5 ноября им пришлось испытать жестокое разочарование. В этот день Робеспьер произнес одну из самых своих замечательных речей, оказавшуюся крупной вехой, событием в истории Конвента. Он не зря попросил отсрочки, ибо за это время сумел найти и использовать самое слабое место в обвинительном опусе Луве, в котором писатель увлекся напыщенной формой и пренебрег необходимостью осознать саму суть обвинений. Дело в том, что Луве фактически обвинял не Робеспьера, а саму революцию 10 августа. Робеспьер же на этот раз, не пренебрегая, конечно, защитой собственной личности, защищал именно революцию, отождествляя себя с ней. Он сливается с революцией, и в результате величие и торжество революции становится и торжеством, величием Робеспьера! Если раньше Робеспьер, очень часто употреблявший местоимение «я», связывал себя с абстрактными категориями «свободы», «народа», «революции» вообще, то сейчас он связал себя с конкретными революционными событиями, с деятельностью таких органов, как революционная Коммуна или Якобинский клуб.
Робеспьер начинает с обвинения его в стремлении к диктатуре, которая подкреплялась указанием на его связь с Маратом.

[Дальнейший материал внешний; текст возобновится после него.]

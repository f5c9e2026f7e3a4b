//! Pages in markdown.

ghost use Rattle.std.specs.Prelude.{◌≡◌, ◌++◌, IfOk, None, OnOk, flat_map, map, string_bytes};
ghost use Rattle.page_model.specs.View.{part_of};
ghost use Rattle.description_pages.specs.LevelsView.{subject_of};
ghost use Rattle.description_pages.specs.Markdowns.{markdown_below};
ghost use Rattle.description_pages.specs.Subjects.{subjects_after};
ghost use Rattle.description.specs.Words.{words_said};
ghost use Rattle.command_pages.specs.Pages.{MayFailBy, markdown_page, markdown_page_fault, markdown_parts};
ghost use Rattle.command_pages.specs.Readings.{IsMarkdownOf};

use bumpalo::Bump;
use description::FixedWords;
use description_pages::levels::LevelSubject;
use description_pages::markdowns::{markdown, push_markdown_below};
use description_pages::subjects::{all_after, title};
use description_pages::{ArenaParts, Depth};
use markdown_page::markdown_page;
use page_model::PageFault;
use std::alloc::{AllocError, Allocator, Global};

/// The page of a level in markdown, of it alone or with those below it. `Character` comes where a text of the page, or
/// its title, may not stand in a page, and `Refused` where an allocation failed.
#[tactic(auto, using(crate::proofs::Failing::failing, crate::proofs::Failing::permitted))]
pub fn markdown_page_of<'p, 'a: 'p, A: Allocator + Copy>(
    alloc: A,
    arena: &'p Bump,
    words: &'p FixedWords<'p>,
    depth: Depth,
    level: LevelSubject<'p, 'a, Global>,
) -> Result<String<A>, PageFault>
    ensures reads { IfOk result (λ made.
        IsMarkdownOf depth (words_said words.now) (subject_of level.entry) (string_bytes made)) }
    ensures exact { IfOk result (λ made. string_bytes made
        ≡ markdown_page depth (words_said words.now) (subject_of level.entry)) }
    ensures permitted { IfOk result (λ _.
        markdown_page_fault depth (words_said words.now) (subject_of level.entry) ≡ None) }
    ensures fails { MayFailBy (markdown_page_fault depth (words_said words.now) (subject_of level.entry)) result }
{
    let title = title(arena, level.names)?;
    let parts = markdown_parts(arena, words, depth, level)?;
    markdown_page(alloc, title, parts.as_slice())
}

fn markdown_parts<'p, 'a: 'p>(
    arena: &'p Bump,
    words: &'p FixedWords<'p>,
    depth: Depth,
    level: LevelSubject<'p, 'a, Global>,
) -> Result<ArenaParts<'p>, AllocError>
    ensures { IfOk result (λ parts. map part_of parts.items
        ≡ markdown_parts depth (words_said words.now) (subject_of level.entry)) }
{
    let mut parts = markdown(arena, words, depth, level)?;
    if depth == Depth::Deep {
        push_markdowns_below(arena, words, &mut parts, level)?;
    }
    Ok(parts)
}

// Those of each level below.
fn push_markdowns_below<'p, 'a: 'p>(
    arena: &'p Bump,
    words: &'p FixedWords<'p>,
    parts: &mut ArenaParts<'p>,
    level: LevelSubject<'p, 'a, Global>,
) -> Result<(), AllocError>
    ensures { OnOk result (map part_of parts.new.items ≡ map part_of parts.old.items
        ++ flat_map (markdown_below (words_said words.now)) (subjects_after (subject_of level.entry))) }
{
    for below in all_after(arena, level)? {
        push_markdown_below(arena, words, parts, below)?;
    }
    Ok(())
}
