//! The pages of a description's application and of its commands, in each medium.
#![tactic(auto)]

pub use console::console_page_of;
pub use description_pages::{Depth, LevelSubject};
pub use given::{ConsoleForm, TitleGiven};
pub use html::html_page_of;
pub use html_page::{Extent, PageError};
pub use levels::application;
pub use manuals::manual_page_of;
pub use markdown::markdown_page_of;
pub use page_model::PageFault;

pub mod console;
pub mod given;
pub mod html;
pub mod levels;
pub mod manuals;
pub mod markdown;
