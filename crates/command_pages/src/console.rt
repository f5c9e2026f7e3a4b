//! Pages for a terminal.

ghost use Rattle.std.specs.Prelude.{◌≡◌, IfOk, None, string_bytes};
ghost use Rattle.description_pages.specs.LevelsView.{subject_of};
ghost use Rattle.description.specs.Words.{words_said};
ghost use Rattle.command_pages.specs.Pages.{MayFailBy, console_page, console_page_fault};

use crate::given::ConsoleForm;
use bumpalo::Bump;
use console_page::{console_page, console_usage};
use description::FixedWords;
use description_pages::Detail;
use description_pages::consoles::{console, usage};
use description_pages::levels::LevelSubject;
use page_model::PageFault;
use std::alloc::{Allocator, Global};

/// The page of a level on a console of that many columns. `Character` comes where a text may not stand in a page, and
/// `Refused` where an allocation failed.
#[tactic(auto, using(crate::proofs::Failing::failing, crate::proofs::Failing::permitted))]
pub fn console_page_of<'p, 'a: 'p, A: Allocator + Copy>(
    alloc: A,
    arena: &'p Bump,
    form: ConsoleForm,
    width: usize,
    words: &'p FixedWords<'p>,
    level: LevelSubject<'p, 'a, Global>,
) -> Result<String<A>, PageFault>
    ensures exact { IfOk result (λ made.
        string_bytes made ≡ console_page form width (words_said words.now) (subject_of level.entry)) }
    ensures permitted { IfOk result (λ _.
        console_page_fault form (words_said words.now) (subject_of level.entry) ≡ None) }
    ensures fails { MayFailBy (console_page_fault form (words_said words.now) (subject_of level.entry)) result }
{
    let detail = match form {
        ConsoleForm::Usage => {
            let forms = usage(arena, words, level)?;
            return console_usage(alloc, width, forms.as_slice());
        }
        ConsoleForm::Full => Detail::Full,
        ConsoleForm::Brief => Detail::Brief,
    };
    let parts = console(arena, words, detail, level)?;
    console_page(alloc, width, words.usage, parts.as_slice())
}
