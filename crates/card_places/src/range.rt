// Home ranges: question 5, and the place of an OID. Ranges come as numbers, first OID and n of each in turn.
ghost use Rattle.std.specs.Prelude.{◌≡◌, ◌&&◌, ◌+◌, ◌/◌, ◌≤◌, ◌<◌, leb, ltb, length, Err};
ghost use Rattle.card.specs.Range.{ranges_of, ranges_fill, range_blocks, geometry_fits, address_in};
ghost use Rattle.card.specs.Range.{some_below, some_above, missing, locate, place_or};

use card::range::Address;
use card::refusal::Refusal;

// The blocks of a range of n pages.
pub fn blocks(n: usize) -> usize
    requires { n < 4294967296 }
    ensures { result ≡ range_blocks n }
{
    n + (n + 101) / 102
}

// Does a range start at low or above, have a page, and end below 4,294,967,296?
fn keeps(low: usize, oid: usize, pages: usize) -> bool
    requires oid { oid < 4294967296 }
    requires pages { pages < 4294967296 }
    ensures { result ≡ leb low oid && (leb 1 pages && leb (oid + pages) 4294967296) }
{
    low <= oid && 1 <= pages && oid + pages <= 4294967296
}

fn fill(ranges: &[u32], start: usize, card: usize) -> bool
    requires few { length ranges.now ≤ 17 }
    requires start { start ≤ 513 }
    ensures { result ≡ ranges_fill 0 start card (ranges_of ranges.now (length ranges.now / 2)) }
{
    let mut low = 0;
    let mut at = start;
    for pair in ranges.chunks_exact(2) {
        let oid = pair[0] as usize;
        let pages = pair[1] as usize;
        if !keeps(low, oid, pages) {
            return false;
        }
        low = oid + pages;
        at += blocks(pages);
    }
    at == card
}

// Question 5: do the area and the ranges keep the limits and fill a card of so many blocks?
pub fn all_fit(card: usize, area: usize, ranges: &[u32]) -> bool
    ensures { result ≡ geometry_fits card area (ranges_of ranges.now (length ranges.now / 2)) }
{
    let count = ranges.len() / 2;
    (8..=512).contains(&area) && (1..=8).contains(&count) && fill(ranges, 1 + area, card)
}

// Question 5, of a header or a record, whose count may be any number: more than 8 ranges are refused.
#[tactic(auto, using(card::proofs::RangeLaws::geometry_many, card::proofs::RangeLaws::ranges_of_front))]
pub fn fits(card: usize, area: usize, numbers: &[u32; 16], count: usize) -> bool
    ensures { result ≡ geometry_fits card area (ranges_of numbers.now count) }
{
    count <= 8 && all_fit(card, area, &numbers[..2 * count])
}

// Does a range hold an OID?
fn holds(first: usize, pages: usize, oid: usize) -> bool
    requires first { first < 4294967296 }
    requires pages { pages < 4294967296 }
    ensures { result ≡ leb first oid && ltb oid (first + pages) }
{
    (first..first + pages).contains(&oid)
}

// The place of page r of a range whose first block is start.
fn address_in(start: usize, r: usize) -> Address
    requires start { start < 1099511627776 }
    requires page { r < 4294967296 }
    ensures { result ≡ address_in start r }
{
    let run = r / 102;
    Address {
        page: start + r + run + 1,
        pot: start + 103 * run,
        entry: r % 102,
    }
}

// Does a range end at or below an OID?
fn some_below(ranges: &[u32], oid: usize) -> bool
    ensures { result ≡ some_below (ranges_of ranges.now (length ranges.now / 2)) oid }
{
    ranges
        .chunks_exact(2)
        .any(|pair| pair[0] as usize + pair[1] as usize <= oid)
}

// Does a range begin above an OID?
fn some_above(ranges: &[u32], oid: usize) -> bool
    ensures { result ≡ some_above (ranges_of ranges.now (length ranges.now / 2)) oid }
{
    ranges.chunks_exact(2).any(|pair| oid < pair[0] as usize)
}

// Why an OID in no range has no place: it lies between two of them, or outside.
#[tactic(auto, unfolding(card::specs::Range::missing))]
fn missing(ranges: &[u32], oid: usize) -> Refusal
    ensures { Err result ≡ place_or (missing (ranges_of ranges.now (length ranges.now / 2)) oid) }
{
    if some_below(ranges, oid) && some_above(ranges, oid) {
        Refusal::Gap
    } else {
        Refusal::Outside
    }
}

// The place of an OID.
pub fn find(area: usize, ranges: &[u32], oid: u32) -> Result<Address, Refusal>
    requires area { area ≤ 512 }
    requires few { length ranges.now ≤ 17 }
    ensures { result ≡ place_or (locate (ranges_of ranges.now (length ranges.now / 2)) (1 + area) oid) }
{
    let sought = oid as usize;
    let mut start = 1 + area;
    for pair in ranges.chunks_exact(2) {
        let first = pair[0] as usize;
        let pages = pair[1] as usize;
        if holds(first, pages, sought) {
            return Ok(address_in(start, sought - first));
        }
        start += blocks(pages);
    }
    Err(missing(ranges, sought))
}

Он рассказывает о своей единственной личной встрече с Маратом в январе 1792 года, рассказывает честно и объективно. Он даже приводит нелестное высказывание Марата о том, что Робеспьер не обладает «ни кругозором, ни отвагой государственного деятеля». Отмежевавшись от Марата, Максимилиан, таким образом, легко опроверг обвинение в стремлении к триумвирату.
Луве обвинил Робеспьера также в том, что он деспотически навязывал свою власть Якобинскому клубу. И это обвинение было успешно опровергнуто, ибо, как сказал Робеспьер, «речь идет о естественной власти принципов. Эта власть не принадлежит, однако, тому лицу, кто эти принципы излагает».